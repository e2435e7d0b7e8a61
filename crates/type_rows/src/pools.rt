//! The pool of a run: what enters within its limits, and which messages a round delivers.

use basil_types::bytes::Bytes;
use basil_types::party::Party;
use message_pool::{Fate, Pool, Room};
use std::alloc::Global;
use std::test::Fail;

/// A message enters, if there is room for it.
fn send(alloc: Global, pool: &mut Pool, frame: &[u8]) -> Result<bool, Fail> {
    let room = pool.room();
    if room.messages < 1 || room.bytes < frame.len() as u64 {
        return Ok(false);
    }
    let frame = Bytes::copy_of(alloc, frame)?;
    let to = Party::Replica { shard: 0, index: 1 };
    pool.enter(Party::Client { number: 2 }, to, frame)?;
    Ok(true)
}

/// So many messages of one byte enter.
fn fill(alloc: Global, pool: &mut Pool, count: u64) -> Result<(), Fail> {
    for _ in 0..count {
        send(alloc, pool, b"x")?;
    }
    Ok(())
}

/// Something becomes of the messages of these numbers.
fn end(pool: &mut Pool, numbers: &[u64], fate: Fate) {
    for &number in numbers {
        if 1 <= number && number <= pool.len() {
            match fate {
                Fate::Waiting => {}
                Fate::Delivered => pool.deliver(number),
                Fate::Lost => pool.lose(number),
            }
        }
    }
}

/// What became of a message.
fn fate_of(pool: &Pool, number: u64) -> Option<Fate> {
    match pool.at(number) {
        Some(posted) => Some(posted.fate),
        None => None,
    }
}

// Frames that are sent one after another to a pool of three messages and ten bytes, and whether each enters.
const SENT: &[(&[u8], bool)] = &[
    // Four of the ten bytes are taken.
    (b"four", true),
    // Seven bytes more would be eleven.
    (b"sevenby", false),
    // Six bytes more are ten, which the pool may hold.
    (b"sixbyt", true),
    // A byte more would be the eleventh.
    (b"x", false),
    // A frame of no bytes still has room, as the third message.
    (b"", true),
    // A fourth message has no room, whatever its length.
    (b"", false),
];

#[test]
fn what_passes_a_limit_does_not_enter(rt: HostRuntime) -> Result<(), Fail> {
    let limits = Room {
        messages: 3,
        bytes: 10,
    };
    let mut pool = Pool::new(rt.alloc(), limits);
    for &(frame, enters) in SENT {
        assert!(rt; send(rt.alloc(), &mut pool, frame)? == enters);
    }
    assert!(rt; pool.len() == 3);
    assert!(rt; pool.bytes() == 10);
    let room = pool.room();
    assert!(rt; room.messages == 0 && room.bytes == 0);
    assert!(rt; room.has(0, 0) && !room.has(1, 0) && !room.has(0, 1));
    Ok(())
}

#[test]
fn a_message_is_told_as_it_was_sent(rt: HostRuntime) -> Result<(), Fail> {
    let limits = Room {
        messages: 1,
        bytes: 5,
    };
    let mut pool = Pool::new(rt.alloc(), limits);
    send(rt.alloc(), &mut pool, b"frame")?;
    assert!(rt; pool.at(0).is_none());
    assert!(rt; pool.at(2).is_none());
    let Some(posted) = pool.at(1) else {
        assert!(rt; false, "message 1 isn't there");
        return Ok(());
    };
    assert!(rt; posted.from == Party::Client { number: 2 });
    assert!(rt; posted.to == Party::Replica { shard: 0, index: 1 });
    assert!(rt; posted.frame.as_slice() == b"frame".as_slice());
    assert!(rt; posted.fate == Fate::Waiting);
    Ok(())
}

// Of five messages these were delivered and these lost; from a number on, the first that a round delivers.
const ROUNDS: &[(&[u64], &[u64], u64, Option<u64>)] = &[
    // All five wait: from 0 and 1 on it is the first, and from 5 on the last.
    (&[], &[], 0, Some(1)),
    (&[], &[], 1, Some(1)),
    (&[], &[], 5, Some(5)),
    // There is no message 6.
    (&[], &[], 6, None),
    // The first two were delivered.
    (&[1, 2], &[], 1, Some(3)),
    // The first was lost, and the second delivered.
    (&[2], &[1], 1, Some(3)),
    // From 2 on the fifth alone waits; the first waits too, and stands before that number.
    (&[2, 4], &[3], 2, Some(5)),
    // Three were delivered, not in their order, and one was lost.
    (&[4, 2, 1], &[3], 1, Some(5)),
    // The message of that number was delivered, so it is the one behind it.
    (&[3], &[], 3, Some(4)),
    // The last was lost, and those that wait stand before it.
    (&[3], &[5], 5, None),
    // None waits any more.
    (&[1, 2, 3, 4], &[5], 1, None),
];

#[test]
fn a_round_passes_over_what_was_delivered_or_lost(rt: HostRuntime) -> Result<(), Fail> {
    let limits = Room {
        messages: 5,
        bytes: 5,
    };
    for &(delivered, lost, from, wanted) in ROUNDS {
        let mut pool = Pool::new(rt.alloc(), limits);
        fill(rt.alloc(), &mut pool, 5)?;
        end(&mut pool, delivered, Fate::Delivered);
        end(&mut pool, lost, Fate::Lost);
        assert!(rt; pool.next_waiting(from) == wanted);
    }
    Ok(())
}

#[test]
fn what_was_delivered_is_not_lost_any_more(rt: HostRuntime) -> Result<(), Fail> {
    let limits = Room {
        messages: 2,
        bytes: 2,
    };
    let mut pool = Pool::new(rt.alloc(), limits);
    fill(rt.alloc(), &mut pool, 2)?;
    end(&mut pool, &[1], Fate::Delivered);
    end(&mut pool, &[1, 2], Fate::Lost);
    assert!(rt; fate_of(&pool, 1) == Some(Fate::Delivered));
    assert!(rt; fate_of(&pool, 2) == Some(Fate::Lost));
    end(&mut pool, &[2], Fate::Delivered);
    assert!(rt; fate_of(&pool, 2) == Some(Fate::Delivered));
    Ok(())
}
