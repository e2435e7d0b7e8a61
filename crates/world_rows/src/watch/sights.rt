//! What a sight tells of the certificates in frames.

ghost use Rattle.frame_views.specs.Fitting.{IsSpoken};
ghost use Rattle.frame_views.specs.Shown.{message_of};

use crate::watch::frames::{SAMPLES, Sample};
use crate::watch::seen::{cluster_of, only};
use basil_types::bytes::id_of;
use basil_types::cluster::Cluster;
use basil_types::memory::NoMemory;
use basil_types::party::{Decision, Party};
use frame_views::carried::pairs;
use frame_views::frames::{MessageView, check};
use frame_views::signed::signatures;
use keyring::plain::PlainKeys;
use premise_watch::faulty::Faulty;
use run_sight::Sight;
use std::alloc::Global;
use std::test::Fail;

/// The place of a sample, the decisions that its certificates prove, the outer one first, and how many transactions are
/// committed.
struct Case {
    sample: usize,
    decisions: &'static [Decision],
    committed: usize,
}

const PROVEN: &[Case] = &[
    // a vote to abort carries its rival's commit certificate
    Case {
        sample: 0,
        decisions: &[Decision::Commit],
        committed: 1,
    },
    // a conflict abort has its rival's commit certificate inside
    Case {
        sample: 2,
        decisions: &[Decision::Abort, Decision::Commit],
        committed: 1,
    },
    // a decide carries none
    Case {
        sample: 3,
        decisions: &[],
        committed: 0,
    },
];

/// Whether a sight tells these decisions of the pairs in a message, and none where they are not to be known.
fn tells(
    sight: &Sight<PlainKeys>,
    m: &MessageView<'_>,
    decisions: &[Decision],
    known: bool,
) -> bool {
    let mut place = 0usize;
    for pair in pairs(m) {
        let told = sight.decision_of(&id_of(pair.transaction.bytes()));
        let right = if known && place < decisions.len() {
            told == Some(decisions[place])
        } else {
            told.is_none()
        };
        if !right {
            return false;
        }
        place = place.wrapping_add(1);
    }
    place == decisions.len()
}

/// Whether so many transactions are committed.
fn commits(alloc: Global, sight: &Sight<PlainKeys>, count: usize) -> Result<bool, Fail> {
    Ok(sight.committed(alloc)?.len() == count)
}

/// Notes the words of all the frame's signatures.
fn note(sight: &mut Sight<PlainKeys>, m: &MessageView<'_>) -> Result<(), NoMemory>
    requires { IsSpoken (message_of m.now) }
{
    for item in signatures(m) {
        sight.note_all(item.party, &[item.words])?;
    }
    Ok(())
}

/// Whether a sight that knew nothing sees a frame, and tells what it proves.
fn is_seen(
    alloc: Global,
    sight: &mut Sight<PlainKeys>,
    frame: &[u8],
    m: &MessageView<'_>,
    case: &Case,
) -> Result<bool, Fail> {
    let before = tells(sight, m, case.decisions, false);
    let seen = sight.see(frame).is_ok();
    Ok(
        before
            && seen
            && tells(sight, m, case.decisions, true)
            && commits(alloc, sight, case.committed)?,
    )
}

/// Whether the frame is taken back, once.
fn is_taken_back(
    alloc: Global,
    sight: &mut Sight<PlainKeys>,
    m: &MessageView<'_>,
    case: &Case,
) -> Result<bool, Fail> {
    sight.undo();
    sight.undo();
    Ok(tells(sight, m, case.decisions, false) && commits(alloc, sight, 0)?)
}

/// Whether a frame that was taken back is seen twice more, and stays when the second of these is taken back.
fn is_seen_again(
    sight: &mut Sight<PlainKeys>,
    frame: &[u8],
    m: &MessageView<'_>,
    case: &Case,
) -> bool {
    let again = sight.see(frame).is_ok() && sight.see(frame).is_ok();
    sight.undo();
    again && tells(sight, m, case.decisions, true)
}

/// Whether a sight that knows what the frame's parties signed sees it, takes it back, and sees it again.
fn is_proven(
    alloc: Global,
    sight: &mut Sight<PlainKeys>,
    frame: &[u8],
    m: &MessageView<'_>,
    case: &Case,
) -> Result<bool, Fail>
    requires { IsSpoken (message_of m.now) }
{
    note(sight, m)?;
    Ok(
        is_seen(alloc, sight, frame, m, case)?
            && is_taken_back(alloc, sight, m, case)?
            && is_seen_again(sight, frame, m, case),
    )
}

/// Whether a sight without what the frame's parties signed refuses it, and knows nothing after.
fn is_refused(
    alloc: Global,
    sight: &mut Sight<PlainKeys>,
    frame: &[u8],
    m: &MessageView<'_>,
    case: &Case,
) -> Result<bool, Fail> {
    Ok(
        sight.see(frame).is_err()
            && tells(sight, m, case.decisions, false)
            && commits(alloc, sight, 0)?,
    )
}

/// A sight of a run with these faulty parties.
fn new_sight(
    alloc: Global,
    cluster: &Cluster,
    faulty: Faulty,
) -> Result<Box<Sight<PlainKeys>>, Fail> {
    let sight = Sight::new(alloc, *cluster, faulty, PlainKeys::new(cluster));
    Ok(Box::new(alloc, sight)?)
}

/// The first of these two of a new sight. It is owned here alone, and let go in one place.
fn is_proven_anew(
    alloc: Global,
    cluster: &Cluster,
    frame: &[u8],
    m: &MessageView<'_>,
    case: &Case,
) -> Result<bool, Fail>
    requires { IsSpoken (message_of m.now) }
{
    let mut sight = new_sight(alloc, cluster, Faulty::new())?;
    is_proven(alloc, &mut sight, frame, m, case)
}

/// The second, likewise.
fn is_refused_anew(
    alloc: Global,
    cluster: &Cluster,
    frame: &[u8],
    m: &MessageView<'_>,
    case: &Case,
) -> Result<bool, Fail> {
    let mut sight = new_sight(alloc, cluster, Faulty::new())?;
    is_refused(alloc, &mut sight, frame, m, case)
}

/// Whether a case is so before both sights.
fn is_so(
    alloc: Global,
    cluster: &Cluster,
    frame: &[u8],
    m: &MessageView<'_>,
    case: &Case,
) -> Result<bool, Fail>
    requires { IsSpoken (message_of m.now) }
{
    Ok(
        is_proven_anew(alloc, cluster, frame, m, case)?
            && is_refused_anew(alloc, cluster, frame, m, case)?,
    )
}

fn is_row_so(alloc: Global, sample: &Sample, case: &Case) -> Result<bool, Fail> {
    let cluster = cluster_of(sample)?;
    let frame = hex::decode(alloc, sample.frame)?;
    match check(&frame, &cluster) {
        Ok(m) => is_so(alloc, &cluster, &frame, &m, case),
        Err(_) => Ok(false),
    }
}

/// A frame shows what its certificates prove, nested ones too, until it is taken back; and nothing where a signature in
/// it was never made.
#[test]
fn certificates_are_seen(rt: HostRuntime) -> Result<(), Fail> {
    for case in PROVEN {
        let sample = SAMPLES.get(case.sample).ok_or("no sample")?;
        assert!(rt; is_row_so(rt.alloc(), sample, case)?);
    }
    Ok(())
}

const FAULTY: Party = Party::Replica { shard: 0, index: 0 };

const CORRECT: Party = Party::Replica { shard: 0, index: 1 };

/// Whether a sight sees bytes that are no frame, knows nothing after, and tells who is faulty.
fn shows_nothing(alloc: Global, sight: &mut Sight<PlainKeys>) -> Result<bool, Fail> {
    Ok(
        sight.see(&[1, 2, 3]).is_ok()
            && sight.is_faulty(FAULTY)
            && !sight.is_faulty(CORRECT)
            && commits(alloc, sight, 0)?,
    )
}

/// Bytes that are no frame show nothing, and a sight tells who is faulty.
#[test]
fn other_bytes_show_nothing(rt: HostRuntime) -> Result<(), Fail> {
    let cluster = Cluster::new(1, 1, 2, 100)?;
    let faulty = only(FAULTY, &cluster);
    let mut sight = new_sight(rt.alloc(), &cluster, faulty)?;
    assert!(rt; shows_nothing(rt.alloc(), &mut sight)?);
    Ok(())
}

### WHAT YOU SHOULD DO:
Show every line from the entries that includes the word "count".

### RESULT OF THE EXERCISE:
fn fill(alloc: Global, pool: &mut Pool, count: u64) -> Result<(), Fail> {
    for _ in 0..count {
fn commits(alloc: Global, sight: &Sight<PlainKeys>, count: usize) -> Result<bool, Fail> {
    Ok(sight.committed(alloc)?.len() == count)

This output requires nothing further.